Problem: Each line below that holds the word "Prelude" counts once; state the total number of such lines and nothing else.

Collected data
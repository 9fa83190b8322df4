//! Laws of what code costs. The functions do nothing: their contracts are the laws.

ghost use Rattle.code_costs.specs.Laws.{CodeKeepsToItsWays};

/// The code of a whole program makes the program's effects within the cycles of its dearest way, and comes to the program's end: behind its jump, or to
/// an instruction that wants a reading where none is left. On the way SP stays where its stack has room.
pub fn code_keeps_to_its_ways()
    ensures { CodeKeepsToItsWays }
{}
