//! What the code of a word program costs at most: the cycles of its dearest way, whatever the words are that decide it.
#![tactic(auto)]

pub mod laws;
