// The number of the FRAM at an address.
fn number(board: &Board, address: u16, is_long: bool) -> u32
    requires low { IsFramWord address }
    requires high { is_long ≡ true → IsFramWord (address + 2) }
    ensures { result ≡ number_at (word_in board.now.fram) address is_long }
{
    let low = word(board, address);
    if is_long {
        long_of(low, word(board, address + 2))
    } else {
        low as u32
    }
}

// The name of a task by its number.
fn task_name(map: &Map, number: u16) -> Option<&[u8]>
    ensures { option_map (λ t. t.now) result ≡ task_name map.now.tasks number }
{
    let task = map.tasks().get(number as usize)?;
    Some(task.name().as_bytes())
}

fn write_words<S: Sink>(words: &[u16], report: &mut Report<'_, S>) -> Result<(), Failed>
    ensures same_sink { report.new.sink.ghost_name ≡ report.old.sink.ghost_name }
    ensures bytes { Writes (S.contents report.old.sink.now) (S.contents report.new.sink.now) result (flat_map accepted_line words.now) }
    ensures cause { HasCause (S.faults report.old.sink.now) (S.faults report.new.sink.now) result }
{
    for w in words {
        report.accepted(*w)?;
    }
    Ok(())
}

fn write_more<S: Sink>(more: u64, report: &mut Report<'_, S>) -> Result<(), Failed>
    ensures same_sink { report.new.sink.ghost_name ≡ report.old.sink.ghost_name }
    ensures bytes { Writes (S.contents report.old.sink.now) (S.contents report.new.sink.now) result (more_lines more) }
    ensures cause { HasCause (S.faults report.old.sink.now) (S.faults report.new.sink.now) result }
{
    if more == 0 {
        return Ok(());
    }
    report.more(more)
}

// The line of a shared number, if it isn't what it was.
fn write_number<S: Sink>(
    place: PlacedNumber<'_>,
    was: u32,
    now: u32,
    report: &mut Report<'_, S>,
) -> Result<(), Failed>
    ensures same_sink { report.new.sink.ghost_name ≡ report.old.sink.ghost_name }
    ensures bytes { Writes (S.contents report.old.sink.now) (S.contents report.new.sink.now) result (changed_line (placed place.entry) was now) }
    ensures cause { HasCause (S.faults report.old.sink.now) (S.faults report.new.sink.now) result }
{
    if now == was {
        return Ok(());
    }
    report.value(place.name, place.index, now)
}

// The same of the number at a place, by what it was in the shadow.
fn write_place<S: Sink>(
    place: PlacedNumber<'_>,
    shadow: &Shadow,
    board: &Board,
    report: &mut Report<'_, S>,
) -> Result<(), Failed>
    requires { StandsInFram (placed place) }
    ensures same_sink { report.new.sink.ghost_name ≡ report.old.sink.ghost_name }
    ensures bytes { Writes (S.contents report.old.sink.now) (S.contents report.new.sink.now) result
        (changed_line (placed place.entry) (number_of (word_in shadow.now.words) (placed place.entry))
        (number_of (word_in board.now.fram) (placed place.entry))) }
    ensures cause { HasCause (S.faults report.old.sink.now) (S.faults report.new.sink.now) result }
{
    let was = shadow.number(place.address, place.is_long);
    let now = number(board, place.address, place.is_long);
    write_number(place, was, now, report)
}

// The lines of the words of an array that have changed.
fn write_array<S: Sink>(
    v: &Variable,
    length: u16,
    shadow: &Shadow,
    board: &Board,
    report: &mut Report<'_, S>,
) -> Result<(), Failed>
    requires variable { IsVariable v.now }
    requires length { v.now.length ≡ Some length }
    requires covers { Covers shadow.now board.now.fram }
    ensures same_sink { report.new.sink.ghost_name ≡ report.old.sink.ghost_name }
    ensures bytes { Writes (S.contents report.old.sink.now) (S.contents report.new.sink.now) result
        (told_lines shadow.now.words board.now.fram (array_words v.now.name v.now.address 0 length)) }
    ensures cause { HasCause (S.faults report.old.sink.now) (S.faults report.new.sink.now) result }
{
    let mut i = shadow.next_index(v.address, 0, length);
    while i < length {
        let place = PlacedNumber {
            name: v.name.as_bytes(),
            index: Some(i),
            address: v.address + 2 * i,
            is_long: false,
        };
        write_place(place, shadow, board, report)?;
        i = shadow.next_index(v.address, i + 1, length);
    }
    Ok(())
}

// The lines of the numbers of a variable that have changed.
fn write_variable<S: Sink>(
    v: &Variable,
    shadow: &Shadow,
    board: &Board,
    report: &mut Report<'_, S>,
) -> Result<(), Failed>
    requires variable { IsVariable v.now }
    requires covers { Covers shadow.now board.now.fram }
    ensures same_sink { report.new.sink.ghost_name ≡ report.old.sink.ghost_name }
    ensures bytes { Writes (S.contents report.old.sink.now) (S.contents report.new.sink.now) result
        (told_lines shadow.now.words board.now.fram (variable_numbers v.now.name v.now.address v.now.value_type v.now.length)) }
    ensures cause { HasCause (S.faults report.old.sink.now) (S.faults report.new.sink.now) result }
{
    let Some(length) = v.length else {
        let place = PlacedNumber {
            name: v.name.as_bytes(),
            index: None,
            address: v.address,
            is_long: v.value_type.is_long(),
        };
        return write_place(place, shadow, board, report);
    };
    write_array(v, length, shadow, board, report)
}

// The lines of the shared numbers that have changed. What isn't marked in the shadow is not looked at.
fn write_changes<S: Sink>(
    map: &Map,
    shadow: &Shadow,
    board: &Board,
    report: &mut Report<'_, S>,
) -> Result<(), Failed>
    requires { Covers shadow.now board.now.fram }
    ensures same_sink { report.new.sink.ghost_name ≡ report.old.sink.ghost_name }
    ensures bytes { Writes (S.contents report.old.sink.now) (S.contents report.new.sink.now) result
        (told_lines shadow.now.words board.now.fram (shared_numbers map.now.variables)) }
    ensures cause { HasCause (S.faults report.old.sink.now) (S.faults report.new.sink.now) result }
{
    map.rules();
    for v in map.variables() {
        write_variable(v, shadow, board, report)?;
    }
    Ok(())
}

impl State {
    ghost use Rattle.std.specs.Prelude.{◌≡◌, ◌<◌, Option, Some, None, OnOk, IfOk, option_map, length};
    ghost use Rattle.alp_io.specs.Count.{HasCause};
    ghost use Rattle.alp_io.specs.Sink.{Writes};
    ghost use Rattle.image_text.specs.image_map.MapValue.{MapValue};
    ghost use Rattle.std.specs.Prelude.{[], if◌then◌else◌};
    ghost use Rattle.fram_board.specs.Run.{word_list};
    ghost use Rattle.board_run.specs.History.{with_word, with_words, transition_lines, completed, decided, gated, is_done, behind_instruction};
    ghost use Rattle.board_run.specs.History.{instruction_lines, start_with, start_of};
    ghost use Rattle.board_run.specs.State.{history_of, IsGateUnlessWritten};

    /// A word more was accepted.
    pub fn keep(&mut self, w: u16)
        ensures history { (m : Option MapValue) → history_of m self.new ≡ with_word (history_of m self.old) w }
        ensures shadow { self.new.shadow ≡ self.old.shadow }
        ensures gate { self.new.gate ≡ self.old.gate }
        ensures known { self.new.is_gate_known ≡ self.old.is_gate_known }
    {
        if self.accepted.len() < 256 {
            self.accepted.push(w);
        } else {
            self.more = self.more.saturating_add(1);
        }
    }

    // A decide at this board.
    fn decide(&mut self, board: &Board)
        ensures history { (m : Option MapValue) → history_of m self.new ≡ decided (history_of m self.old) board.now }
        ensures shadow { self.new.shadow ≡ self.old.shadow }
    {
        self.span_from = self.since;
        self.span_to = board.taken();
    }

    // A done at this board: the lines of its transition are written.
    #[inline(never)]
    fn complete<S: Sink>(
        &mut self,
        map: &Map,
        board: &Board,
        report: &mut Report<'_, S>,
    ) -> Result<(), Failed>
        requires { Covers self.old.shadow board.now.fram }
        ensures same_sink { report.new.sink.ghost_name ≡ report.old.sink.ghost_name }
        ensures history { OnOk result (history_of (Some map.now) self.new ≡ completed map.now (history_of (Some map.now) self.old) board.now) }
        ensures covers { OnOk result (Covers self.new.shadow board.now.fram) }
        ensures bytes { Writes (S.contents report.old.sink.now) (S.contents report.new.sink.now) result
            (transition_lines map.now (history_of (Some map.now) self.old) board.now) }
        ensures cause { HasCause (S.faults report.old.sink.now) (S.faults report.new.sink.now) result }
    {
        map.rules();
        let next = word(board, map.words().current_task);
        self.completed = self.completed.saturating_add(1);
        report.step(
            self.completed,
            task_name(map, self.task),
            task_name(map, next),
            self.span_from,
            self.span_to,
        )?;
        write_words(self.accepted.as_slice(), report)?;
        write_more(self.more, report)?;
        write_changes(map, &self.shadow, board, report)?;
        self.shadow.settle(board);
        self.task = next;
        self.accepted.clear();
        self.more = 0;
        self.since = board.taken();
        Ok(())
    }

    // GATE went from one word to another.
    #[inline(always)]
    fn note_gate<S: Sink>(
        &mut self,
        map: &Map,
        now: u16,
        board: &Board,
        report: &mut Report<'_, S>,
    ) -> Result<(), Failed>
        requires { Covers self.old.shadow board.now.fram }
        ensures same_sink { report.new.sink.ghost_name ≡ report.old.sink.ghost_name }
        ensures history { OnOk result (history_of (Some map.now) self.new ≡ gated map.now (history_of (Some map.now) self.old) board.now now) }
        ensures covers { OnOk result (Covers self.new.shadow board.now.fram) }
        ensures bytes { Writes (S.contents report.old.sink.now) (S.contents report.new.sink.now) result
            (if is_done self.old.gate now then transition_lines map.now (history_of (Some map.now) self.old) board.now else []) }
        ensures cause { HasCause (S.faults report.old.sink.now) (S.faults report.new.sink.now) result }
    {
        let before = self.gate;
        if now == before {
            return Ok(());
        }
        self.gate = now;
        if is_done(before, now) {
            self.complete(map, board, report)
        } else if is_decide(before, now) {
            self.decide(board);
            Ok(())
        } else {
            Ok(())
        }
    }

    /// A step was made, which wrote at these addresses and left this board: its lines are written.
    #[inline(always)]
    pub fn note<S: Sink>(
        &mut self,
        map: &Map,
        done: &Stepped,
        stores: (Option<u16>, Option<u16>),
        board: &Board,
        report: &mut Report<'_, S>,
    ) -> Result<(), Failed>
        requires covers { CoversBut stores self.old.shadow board.now.fram }
        requires gate { IsGateUnlessWritten map.now stores self.old.is_gate_known self.old.gate board.now.fram }
        ensures same_sink { report.new.sink.ghost_name ≡ report.old.sink.ghost_name }
        ensures history { OnOk result (history_of (Some map.now) self.new ≡
            behind_instruction (Some map.now) (history_of (Some map.now) self.old) (word_list done.now.accepted) board.now) }
        ensures covers { OnOk result (Covers self.new.shadow board.now.fram) }
        ensures gate { OnOk result (self.new.gate ≡ word_in board.now.fram map.now.words.gate) }
        ensures bytes { Writes (S.contents report.old.sink.now) (S.contents report.new.sink.now) result
            (instruction_lines (Some map.now) (history_of (Some map.now) self.old) (word_list done.now.accepted) board.now) }
        ensures cause { HasCause (S.faults report.old.sink.now) (S.faults report.new.sink.now) result }
    {
        let in_fram = self.shadow.note_writes(stores);
        self.keep_accepted(done);
        if self.is_gate_known && !in_fram {
            return Ok(());
        }
        map.rules();
        self.is_gate_known = true;
        let now = word(board, map.words().gate);
        self.note_gate(map, now, board, report)
    }

    // The word that an instruction made the receiver accept, if it did.
    #[inline(always)]
    fn keep_accepted(&mut self, done: &Stepped)
        ensures history { (m : Option MapValue) → history_of m self.new ≡ with_words (history_of m self.old) (word_list done.now.accepted) }
        ensures shadow { self.new.shadow ≡ self.old.shadow }
        ensures gate { self.new.gate ≡ self.old.gate }
        ensures known { self.new.is_gate_known ≡ self.old.is_gate_known }
    {
        if let Some(w) = done.accepted {
            self.keep(w);
        }
    }

    /// What is known before a run of a board that is new from this image, whose map this is. Fails where memory is refused.
    pub fn of(alloc: Global, image: &Image, map: Option<&Map>) -> Result<State, AllocError>
        requires { option_map (λ m. m.now) map ≡ image.now.map }
        ensures { IfOk result (λ s. history_of image.now.map s ≡ start_of image.now) }
    {
        let blank = State::blank(alloc, image)?;
        match map {
            None => Ok(blank),
            Some(map) => Ok(blank.with_words(image, map)),
        }
    }

    fn blank(alloc: Global, image: &Image) -> Result<State, AllocError>
        ensures history { IfOk result (λ s. history_of None s ≡ start_with [] None) }
        ensures shadow { IfOk result (λ s. s.shadow.words ≡ image.now.words) }
    {
        Ok(State {
            gate: 0,
            is_gate_known: false,
            completed: 0,
            task: 0,
            shadow: Shadow::of(alloc, image.words())?,
            accepted: ArrayVec::new(),
            more: 0,
            since: 0,
            span_from: 0,
            span_to: 0,
        })
    }

    // The same with GATE and CUR of the image.
    fn with_words(mut self, image: &Image, map: &Map) -> State
        requires history { history_of None self ≡ start_with [] None }
        requires shadow { self.shadow.words ≡ image.now.words }
        ensures { history_of (Some map.now) result ≡ start_with image.now.words (Some map.now) }
    {
        map.rules();
        self.gate = word_of(image, map.words().gate);
        self.task = word_of(image, map.words().current_task);
        self
    }
}
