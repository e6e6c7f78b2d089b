//! The tokens of a program's text.

ghost use Rattle.std.specs.Prelude.{◌≡◌, ◌≤◌, ◌<◌, length, map, IfOk, ℕ, List};
ghost use Rattle.std.specs.List.{prefix_len};
ghost use Rattle.std.specs.Char.{is_ascii_digit};
ghost use Rattle.lift_reader.specs.Tokens.{is_space, is_inner, is_symbol, gap_len, run_len};
ghost use Rattle.lift_reader.specs.Tokens.{within, value_after, number_of, lexeme_of};
ghost use Rattle.lift_reader.specs.Tokens.{AreTokens, Lexeme};
ghost use Rattle.lift_reader.specs.Shown.{lexeme, placed};

use crate::word::Word;
use std::alloc::{AllocError, Global};

/// What a token is. A name borrows its bytes from the text.
#[derive(Clone, Copy, PartialEq, Eq)]
pub enum Kind<'a> {
    /// A reserved word.
    Word(Word),
    /// A letter, and then letters, digits and `_`; at most 32 bytes, and no reserved word.
    Name(&'a [u8]),
    /// Decimal digits without a leading zero.
    Number(u32),
    /// One of `( ) [ ] , ; : = . \ + - *`.
    Symbol(u8),
    /// A longer name, another run of digits, or any other byte: no program has it.
    Wrong,
}

/// A token, and the byte of the text at which it begins.
#[derive(Clone, Copy)]
pub struct Token<'a> {
    pub offset: usize,
    pub kind: Kind<'a>,
}

fn is_space(b: u8) -> bool
    ensures { result ≡ is_space b }
{
    b == b' ' || b == b'\t' || b == b'\r' || b == b'\n'
}

fn is_inner(b: u8) -> bool
    ensures { result ≡ is_inner b }
{
    b.is_ascii_alphabetic() || b.is_ascii_digit() || b == b'_'
}

fn is_symbol(b: u8) -> bool
    ensures { result ≡ is_symbol b }
{
    b == b'('
        || b == b')'
        || b == b'['
        || b == b']'
        || b == b','
        || b == b';'
        || b == b':'
        || b == b'='
        || b == b'.'
        || b == b'\\'
        || b == b'+'
        || b == b'-'
        || b == b'*'
}

/// How long the spaces and comments at the front are.
fn gap_len(text: &[u8]) -> usize
    ensures is { result ≡ gap_len text.now }
    ensures within { result ≤ length text.now }
{
    let mut n = 0;
    let mut comment = false;
    while n < text.len() {
        let b = text[n];
        if comment {
            comment = b != b'\n';
        } else if b == b'#' {
            comment = true;
        } else if !is_space(b) {
            break;
        }
        n += 1;
    }
    n
}

fn inner_len(text: &[u8]) -> usize
    ensures is { result ≡ prefix_len is_inner text.now }
    ensures within { result ≤ length text.now }
{
    text.iter().take_while(|b| is_inner(**b)).count()
}

fn digits_len(text: &[u8]) -> usize
    ensures is { result ≡ prefix_len is_ascii_digit text.now }
    ensures within { result ≤ length text.now }
{
    text.iter().take_while(|b| b.is_ascii_digit()).count()
}

/// How long the run at the front is.
fn run_len(text: &[u8]) -> usize
    ensures is { result ≡ run_len text.now }
    ensures within { result ≤ length text.now }
{
    match text {
        [] => 0,
        [first, rest @ ..] => {
            if first.is_ascii_alphabetic() {
                1 + inner_len(rest)
            } else if first.is_ascii_digit() {
                1 + digits_len(rest)
            } else {
                1
            }
        }
    }
}

fn value_of(digits: &[u8]) -> Option<u32>
    ensures { result ≡ within (value_after 0 digits.now) }
{
    let mut value: u32 = 0;
    for digit in digits {
        let last = u32::from(digit.saturating_sub(b'0'));
        value = value.checked_mul(10)?.checked_add(last)?;
    }
    Some(value)
}

/// The number that digits write, which has no leading zero.
fn number_of(digits: &[u8]) -> Option<u32>
    ensures { result ≡ number_of digits.now }
{
    match digits {
        [] => None,
        [b'0', _, ..] => None,
        _ => value_of(digits),
    }
}

/// What a run is.
fn kind_of(run: &[u8]) -> Kind<'_>
    ensures { lexeme result ≡ lexeme_of run.now }
{
    match run {
        [] => Kind::Wrong,
        [first, ..] => {
            if first.is_ascii_alphabetic() {
                if run.len() > 32 {
                    return Kind::Wrong;
                }
                match Word::from_bytes(run) {
                    Some(word) => Kind::Word(word),
                    None => Kind::Name(run),
                }
            } else if first.is_ascii_digit() {
                match number_of(run) {
                    Some(number) => Kind::Number(number),
                    None => Kind::Wrong,
                }
            } else if is_symbol(*first) {
                Kind::Symbol(*first)
            } else {
                Kind::Wrong
            }
        }
    }
}

/// The tokens of a text, in order.
///
/// Spaces, tabs, CR and LF part tokens, and so do comments, from `#` to the end of the line. The
/// error is want of memory.
pub fn tokens<'a>(alloc: Global, text: &'a [u8]) -> Result<Vec<Token<'a>>, AllocError>
    ensures { IfOk result (λ tokens. AreTokens 0 text.now (map placed tokens.items)) }
{
    let mut tokens = Vec::new(alloc);
    let mut at = 0;
    let mut rest = text;
    loop {
        let gap = gap_len(rest);
        let (_, after) = rest.split_at(gap);
        if after.is_empty() {
            return Ok(tokens);
        }
        let (run, behind) = after.split_at(run_len(after));
        tokens.push(Token {
            offset: at + gap,
            kind: kind_of(run),
        })?;
        at += gap + run.len();
        rest = behind;
    }
}

/// A text has one list of tokens.
pub fn one_list_of_tokens()
    ensures { (at : ℕ) (text : List ℕ) (some others : List (ℕ × Lexeme))
        → AreTokens at text some → AreTokens at text others → some ≡ others }
{}
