//! The forms and marks of the grammar of programs, as the reader owes them.

ghost use Rattle.std.specs.Prelude.{◌≡◌, option_map};
ghost use Rattle.lift_reader.specs.Meant.{reducer_of, binary_of, unary_of, form_of, grouping_form};
ghost use Rattle.lift_reader.specs.Forms.{division_form, window_form, window_least};

use crate::token::Kind;
use crate::word::Word;
use lift_tree::layout::Layout;
use lift_tree::length::{Factor, Product, Sign};
use lift_tree::term::{BinaryForm, Operator, UnaryForm};
use readings::Owed;
use scalar_ops::op::Reducer;
use std::collections::VecDeque;

/// What is owed: tokens, forms and marks.
pub type Debt<'a> = Owed<Kind<'a>, Nonterminal<'a>, Action<'a>>;

pub type Debts<'a> = VecDeque<Debt<'a>>;

/// A form of the grammar. Depths count the open types and terms.
#[derive(Clone, Copy)]
pub enum Nonterminal<'a> {
    Sizes,
    Inputs,
    SizeName,
    SizeRange(&'a [u8]),
    Multiple(&'a [u8]),
    /// The name and the multiple.
    From(&'a [u8], u32),
    /// The name, the multiple and the least value.
    To(&'a [u8], u32, u32),
    InputName,
    ArrayType(u32),
    ElementType(u32),
    AnyType(u32),
    /// A factor that, where it is a number, is at least this.
    LengthFactor(u32),
    LengthRest(Sign),
    Term(u32),
    Divisor(Division),
    First(Window, u32),
    Second(Window, u32, u32),
    LetName(u32),
    MapName(u32),
    FoldName(u32),
    FoldSecondName(u32, &'a [u8]),
    ReduceOperator(u32),
    ProductRest(Grouping, u32),
}

/// What a mark does with the notes.
#[derive(Clone, Copy)]
pub enum Action<'a> {
    /// The name, the multiple, and the least and greatest values.
    DeclareSize(&'a [u8], u32, u32, u32),
    DeclareInput(&'a [u8]),
    NumberType,
    PairType,
    ArrayOf,
    BeginProduct,
    Multiply(Factor),
    EndPart(Sign),
    Number(u32),
    Variable(u32),
    Input(u32),
    Bind(&'a [u8]),
    Unbind,
    Make1(Single),
    Make2(Double),
    Make3(Triple),
    /// Of the last product and the last term.
    MakeByProduct(Grouping),
    Finish,
}

/// A form with one child and with numbers.
#[derive(Clone, Copy)]
pub enum Single {
    Div(u32),
    Rem(u32),
    First,
    Second,
    Join,
    Transpose,
    Reverse,
    Slide(u32, u32),
    Pad(u32, u32),
}

/// How a term is made of the last two.
#[derive(Clone, Copy)]
pub enum Double {
    Binary(BinaryForm),
    /// Of the start and the array.
    Reduce(Reducer),
    Let,
    /// Of the body and the array.
    Map,
}

/// How a term is made of the last three.
#[derive(Clone, Copy)]
pub enum Triple {
    Select,
    /// Of the body, the start and the array.
    Fold,
}

/// A form with a term and a number.
#[derive(Clone, Copy)]
pub enum Division {
    Div,
    Rem,
}

/// A form with a product and a term.
#[derive(Clone, Copy)]
pub enum Grouping {
    Split,
    Stride,
}

/// A form with two numbers and a term.
#[derive(Clone, Copy)]
pub enum Window {
    Slide,
    Pad,
}

impl Single {
    pub fn form(self) -> UnaryForm
        ensures { result ≡ form_of self }
    {
        match self {
            Single::Div(n) => UnaryForm::Div(n),
            Single::Rem(n) => UnaryForm::Rem(n),
            Single::First => UnaryForm::First,
            Single::Second => UnaryForm::Second,
            Single::Join => UnaryForm::Layout(Layout::Join),
            Single::Transpose => UnaryForm::Layout(Layout::Transpose),
            Single::Reverse => UnaryForm::Layout(Layout::Reverse),
            Single::Slide(size, step) => UnaryForm::Slide(size, step),
            Single::Pad(before, after) => UnaryForm::Pad(before, after),
        }
    }
}

impl Division {
    pub fn by(self, divisor: u32) -> Single
        ensures { form_of result ≡ division_form self divisor }
    {
        match self {
            Division::Div => Single::Div(divisor),
            Division::Rem => Single::Rem(divisor),
        }
    }
}

impl Grouping {
    pub fn by(self, product: Product) -> UnaryForm
        ensures { result ≡ grouping_form self product }
    {
        match self {
            Grouping::Split => UnaryForm::Layout(Layout::Split(product)),
            Grouping::Stride => UnaryForm::Layout(Layout::Stride(product)),
        }
    }
}

impl Window {
    /// The least number that the form takes.
    pub fn least(self) -> u32
        ensures { result ≡ window_least self }
    {
        match self {
            Window::Slide => 1,
            Window::Pad => 0,
        }
    }

    pub fn of(self, first: u32, second: u32) -> Single
        ensures { form_of result ≡ window_form self first second }
    {
        match self {
            Window::Slide => Single::Slide(first, second),
            Window::Pad => Single::Pad(first, second),
        }
    }
}

/// The operator that a reduce may have.
pub fn reducer_of(word: Word) -> Option<Reducer>
    ensures { result ≡ reducer_of word }
{
    match word {
        Word::Add => Some(Reducer::Add),
        Word::Mul => Some(Reducer::Mul),
        Word::Min => Some(Reducer::Min),
        Word::Max => Some(Reducer::Max),
        Word::And => Some(Reducer::And),
        Word::Or => Some(Reducer::Or),
        Word::Xor => Some(Reducer::Xor),
        _ => None,
    }
}

/// What is written before two terms.
pub fn binary_of(word: Word) -> Option<BinaryForm>
    ensures { result ≡ binary_of word }
{
    match word {
        Word::Add => Some(BinaryForm::Operator(Operator::Regrouping(Reducer::Add))),
        Word::Mul => Some(BinaryForm::Operator(Operator::Regrouping(Reducer::Mul))),
        Word::Min => Some(BinaryForm::Operator(Operator::Regrouping(Reducer::Min))),
        Word::Max => Some(BinaryForm::Operator(Operator::Regrouping(Reducer::Max))),
        Word::And => Some(BinaryForm::Operator(Operator::Regrouping(Reducer::And))),
        Word::Or => Some(BinaryForm::Operator(Operator::Regrouping(Reducer::Or))),
        Word::Xor => Some(BinaryForm::Operator(Operator::Regrouping(Reducer::Xor))),
        Word::Sub => Some(BinaryForm::Operator(Operator::Sub)),
        Word::Shl => Some(BinaryForm::Operator(Operator::Shl)),
        Word::Shr => Some(BinaryForm::Operator(Operator::Shr)),
        Word::Lt => Some(BinaryForm::Operator(Operator::Lt)),
        Word::Eq => Some(BinaryForm::Operator(Operator::Eq)),
        Word::Pair => Some(BinaryForm::Pair),
        Word::Zip => Some(BinaryForm::Zip),
        _ => None,
    }
}

/// What is written before one term.
pub fn unary_of(word: Word) -> Option<Single>
    ensures { option_map form_of result ≡ unary_of word }
{
    match word {
        Word::First => Some(Single::First),
        Word::Second => Some(Single::Second),
        Word::Join => Some(Single::Join),
        Word::Transpose => Some(Single::Transpose),
        Word::Reverse => Some(Single::Reverse),
        _ => None,
    }
}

Written solution: 4